# Bad new install



## GREENPLUM (Jul 27, 2008)

The crud I see


----------



## GREENPLUM (Jul 27, 2008)

GREENPLUM said:


> The crud I see


Cruddy


----------



## GREENPLUM (Jul 27, 2008)

New construction


----------



## jc-htownplumber (Feb 29, 2012)

What's wrong with it. If I was a handy hack it's how I would do it


----------



## plumber11928 (Feb 18, 2015)

The fernco with the price tag on it gives it that handy hack touch.
I don't even know what to say about the band iron.
Well at least you can snake one lav thru the other.


----------



## affordabledrain (Nov 24, 2009)

What's the real with all the cpvc?


----------



## Best Darn Sewer (Dec 23, 2012)

It looks like that toilet is going to be a tad over the 12" rough.

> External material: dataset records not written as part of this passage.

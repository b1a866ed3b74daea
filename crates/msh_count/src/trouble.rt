//! Why nothing was counted.

ghost use Rattle.std.specs.Prelude.{◌≡◌};
ghost use Rattle.msh_count.specs.declared.trouble.Trouble.TheVariants.{Write, Memory};
ghost use Rattle.msh_count.specs.Statuses.{status_of, trouble_of, mesh_trouble, accept_trouble, orient_trouble};

use mesh_check::MeshFault;
use msh_reader::MshFault;
use orient_iface::OrientFault;
use plex_base::NoMemory;
use shelf_io::{Failed, ShelfFault};
use std::alloc::{AllocError, AllocFailed};

/// Why nothing was counted.
#[derive(Clone, Copy)]
pub enum Trouble {
    /// There is not the name of a file, and after it how far it is taken, or nothing.
    Words,
    /// The file is no right mesh file, stands for no mesh, or has a twisted face.
    Mesh,
    /// The file could not be read, or has more bytes than the limit.
    Read,
    /// The output could not be written.
    Write,
    /// Memory ran out.
    Memory,
}

impl Trouble {
    /// The exit status.
    pub(crate) fn code(self) -> u8
        ensures { result ≡ status_of self }
    {
        match self {
            Trouble::Words => 2,
            Trouble::Mesh => 4,
            Trouble::Read => 6,
            Trouble::Write => 7,
            Trouble::Memory => 8,
        }
    }
}

impl From<ShelfFault> for Trouble {
    ghost from_gives = { λ fault trouble. trouble ≡ trouble_of fault };

    fn from(fault: ShelfFault) -> Trouble {
        match fault {
            ShelfFault::Failed | ShelfFault::TooLong => Trouble::Read,
            ShelfFault::NoMemory => Trouble::Memory,
        }
    }
}

impl From<Failed> for Trouble {
    ghost from_gives = { λ _ trouble. trouble ≡ Write };

    fn from(_: Failed) -> Trouble {
        Trouble::Write
    }
}

impl From<MshFault> for Trouble {
    ghost from_gives = { λ fault trouble. trouble ≡ mesh_trouble fault };

    fn from(fault: MshFault) -> Trouble {
        match fault {
            MshFault::NoMemory => Trouble::Memory,
            _ => Trouble::Mesh,
        }
    }
}

impl From<MeshFault> for Trouble {
    ghost from_gives = { λ fault trouble. trouble ≡ accept_trouble fault };

    fn from(fault: MeshFault) -> Trouble {
        match fault {
            MeshFault::NoMemory => Trouble::Memory,
            _ => Trouble::Mesh,
        }
    }
}

impl From<OrientFault> for Trouble {
    ghost from_gives = { λ fault trouble. trouble ≡ orient_trouble fault };

    fn from(fault: OrientFault) -> Trouble {
        match fault {
            OrientFault::NoMemory => Trouble::Memory,
            OrientFault::Twist(_) => Trouble::Mesh,
        }
    }
}

impl From<NoMemory> for Trouble {
    ghost from_gives = { λ _ trouble. trouble ≡ Memory };

    fn from(_: NoMemory) -> Trouble {
        Trouble::Memory
    }
}

impl From<AllocError> for Trouble {
    ghost from_gives = { λ _ trouble. trouble ≡ Memory };

    fn from(_: AllocError) -> Trouble {
        Trouble::Memory
    }
}

impl<T: Drop> From<AllocFailed<T>> for Trouble {
    ghost from_gives = { λ _ trouble. trouble ≡ Memory };

    fn from(_: AllocFailed<T>) -> Trouble {
        Trouble::Memory
    }
}
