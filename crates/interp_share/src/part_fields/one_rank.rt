//! The fields of one rank.

ghost use Rattle.std.specs.Prelude.{◌≡◌, ◌+◌, ◌<◌, ◌≤◌, ◌^◌, ◌++◌, length, IfOk, OnOk};
ghost use Rattle.std.specs.List.{AllByRecursion};
ghost use Rattle.plex_base.specs.Dim.{dim_number};
ghost use Rattle.dist_state.specs.scatter_state.Whole.{part_at};
ghost use Rattle.local_points.specs.Points.{local_points};
ghost use Rattle.interp_share.specs.own_field_laws.Own.{part_data, part_dim, part_dofs, part_sizes};
ghost use Rattle.interp_share.specs.part_fields.Ranks.{fields_with, AreLowWeights, IsOfSomeMesh};

use crate::rank_fields::{ChartSizes, data_field, dof_field};
use dist_state::scatter_state::{RankPart, Scatter};
use local_points::LocalPoints;
use plex_base::{Dim, NoMemory};
use plex_section::Field;
use poly_tables::dim;
use std::alloc::Global;

/// The fields of a rank's points, which have these weights. The weights are not looked at where there are
/// no `dofs`.
pub(crate) fn fields_of_rank(
    alloc: Global,
    scatter: &Scatter,
    rank: u32,
    local: &LocalPoints,
    weights: &[u64],
) -> Result<Vec<Field>, NoMemory>
    requires scatter { IsOfSomeMesh scatter.now }
    requires rank { rank < length scatter.now.parts }
    requires local { local.now ≡ local_points (part_at scatter.now.parts rank).cells }
    requires weights { 0 < length scatter.now.dofs → AreLowWeights (part_at scatter.now.parts rank) weights.now }
    ensures { IfOk result (λ all. all.items ≡ fields_with scatter.now (part_at scatter.now.parts rank) weights.now) }
{
    let part = scatter.part(rank);
    let sizes = sizes_of(part, local);
    let mut all = Vec::new(alloc);
    push_data(&mut all, alloc, scatter, rank, sizes)?;
    push_dofs(&mut all, alloc, scatter, rank, weights, sizes)?;
    Ok(all)
}

/// How many points of each kind a rank has.
fn sizes_of(part: &RankPart, local: &LocalPoints) -> ChartSizes
    requires local { local.now ≡ local_points part.now.cells }
    requires cells { length part.now.cells ≤ 250000 }
    requires vertices { length part.now.vertices ≤ 2000000 }
    ensures { result ≡ part_sizes part.now }
{
    ChartSizes {
        cells: part.cells().len() as u32,
        vertices: part.vertices().len() as u32,
        faces: local.faces(),
        edges: local.edges(),
    }
}

/// The dimension of a rank's cells; where it has none, that of a vertex.
fn dim_of_part(part: &RankPart) -> Dim
    ensures { dim_number result ≡ part_dim part.now }
{
    if part.cells().is_empty() {
        return Dim::Zero;
    }
    match dim(part.poly(0)) {
        0 => Dim::Zero,
        1 => Dim::One,
        2 => Dim::Two,
        _ => Dim::Three,
    }
}

/// The data sections on a rank's points.
fn push_data(
    all: &mut Vec<Field>,
    alloc: Global,
    scatter: &Scatter,
    rank: u32,
    sizes: ChartSizes,
) -> Result<(), NoMemory>
    requires scatter { IsOfSomeMesh scatter.now }
    requires rank { rank < length scatter.now.parts }
    requires sizes { sizes ≡ part_sizes (part_at scatter.now.parts rank) }
    requires few { sizes.cells + sizes.vertices + sizes.faces + sizes.edges < 2 ^ 32 }
    ensures { OnOk result (all.new.items ≡ all.old.items ++ part_data scatter.now.sections (part_at scatter.now.parts rank)) }
{
    // Each rank has rows of each section: the proof takes this from the call.
    let _ranks = scatter.ranks();
    for f in 0..scatter.sections() {
        let (on, _) = scatter.section(f);
        all.push(data_field(alloc, scatter.part(rank), f as usize, on, sizes)?)?;
    }
    Ok(())
}

/// The fields of `dofs` on a rank's points, which have these weights.
fn push_dofs(
    all: &mut Vec<Field>,
    alloc: Global,
    scatter: &Scatter,
    rank: u32,
    weights: &[u64],
    sizes: ChartSizes,
) -> Result<(), NoMemory>
    requires scatter { IsOfSomeMesh scatter.now }
    requires rank { rank < length scatter.now.parts }
    requires sizes { sizes ≡ part_sizes (part_at scatter.now.parts rank) }
    requires weights { 0 < length scatter.now.dofs → AreLowWeights (part_at scatter.now.parts rank) weights.now }
    ensures { OnOk result (all.new.items ≡ all.old.items ++ part_dofs scatter.now.dofs (part_at scatter.now.parts rank) weights.now) }
{
    let dim = dim_of_part(scatter.part(rank));
    for i in 0..scatter.dofs() {
        all.push(dof_field(alloc, weights, dim, scatter.dof(i), sizes)?)?;
    }
    Ok(())
}
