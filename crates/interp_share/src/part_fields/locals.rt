//! Faces and edges of ranks.

ghost use Rattle.std.specs.Prelude.{◌≡◌, ◌<◌, List, length};
ghost use Rattle.local_points.specs.Points.{Local};
ghost use Rattle.interp_share.specs.part_fields.Ranks.{local_at};

use local_points::LocalPoints;

/// The faces and edges that each rank sees of its own cells.
pub trait RankLocals {
    /// Those of each rank.
    ghost locals: { Self → List Local };

    /// Those of one rank.
    fn local(&self, rank: u32) -> &LocalPoints
        requires { rank < length (locals self.now) }
        ensures { result.now ≡ local_at (locals self.now) rank };
}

Why is the concrete busted around the flange?


----------



## Michaelcookplum (May 1, 2011)

What's up with the 2 blue pex lines not tied in? Sharkbite capped


----------



## titaniumplumbr (Jun 11, 2014)

A fernco is a transitional part mostly used to join ci to PVC it should ever be used in place of a coupling on PVC pipe

Sent from my iPhone using PlumbingZone


----------



## titaniumplumbr (Jun 11, 2014)

My favorite is the drain for the lav with no vent and the fact that it's like 2' above the allowable height

Sent from my iPhone using PlumbingZone


----------



## GREENPLUM (Jul 27, 2008)

I took over this job, the owners are both lawyers and this is there brand new real estate company first house flip.
I was referred to them for leak detection, there plumber couldn't get his slab to fill up (top out) for inspection. I found a hole in the sewer pipe with the 65. The sewer was loosing a lot of water fast, when I get there the plumber (in his late 60s) was holding a garden hose into a lav arm trying to fill it up. I looked around and saw the handihack work. I never thought I'd be back


----------



## GREENPLUM (Jul 27, 2008)

titaniumplumbr said:


> A fernco is a transitional part mostly used to join ci to PVC it should ever be used in place of a coupling on PVC pipe
> 
> Sent from my iPhone using PlumbingZone


Lookie how many I removed, this is new construction 2.5 bath, kit, WM, house might be 1500


----------



## GREENPLUM (Jul 27, 2008)

Michaelcookplum said:


> What's up with the 2 blue pex lines not tied in? Sharkbite capped


I started work on it today. I removed the leaking sharkbite main service valve that was stabbed onto sharkbite pex about half inch above slab. Installed new pex crimp ball valve and pipe, removed the hackbite caps on the on the pex pipes coming up through slab, turned on the water to test... all the underslab pex pipes were tied together, there is no main.


----------



## GREENPLUM (Jul 27, 2008)

They want me to correct the minimum sooooo some of the hackwork is gonna stay, but I keep ripping it out,

The guy hid a inside test cap inside a fernco going to the tub, trying to trick the inspector


----------



## titaniumplumbr (Jun 11, 2014)

GREENPLUM said:


> They want me to correct the minimum sooooo some of the hackwork I'd gonna stay, but I keep ripping it out, The guy hid a inside test cap inside a fernco going to the tub, trying to trick the inspector


 holy crap 5 eighth bends in a row what a hack glad your taking care of it

Sent from my iPhone using PlumbingZone


----------



## Hosty (Mar 22, 2015)

GREENPLUM said:


> They want me to correct the minimum sooooo some of the hackwork is gonna stay, but I keep ripping it out,
> 
> The guy hid a inside test cap inside a fernco going to the tub, trying to trick the inspector


Haha God never had to cut out that much ****


----------



## plumbdrum (Nov 30, 2013)

Hosty ya better go posty an intro


----------



## plumbdrum (Nov 30, 2013)

Did this "plumber" hold a state license?


----------



## GREENPLUM (Jul 27, 2008)

plumbdrum said:


> Did this "plumber" hold a state license?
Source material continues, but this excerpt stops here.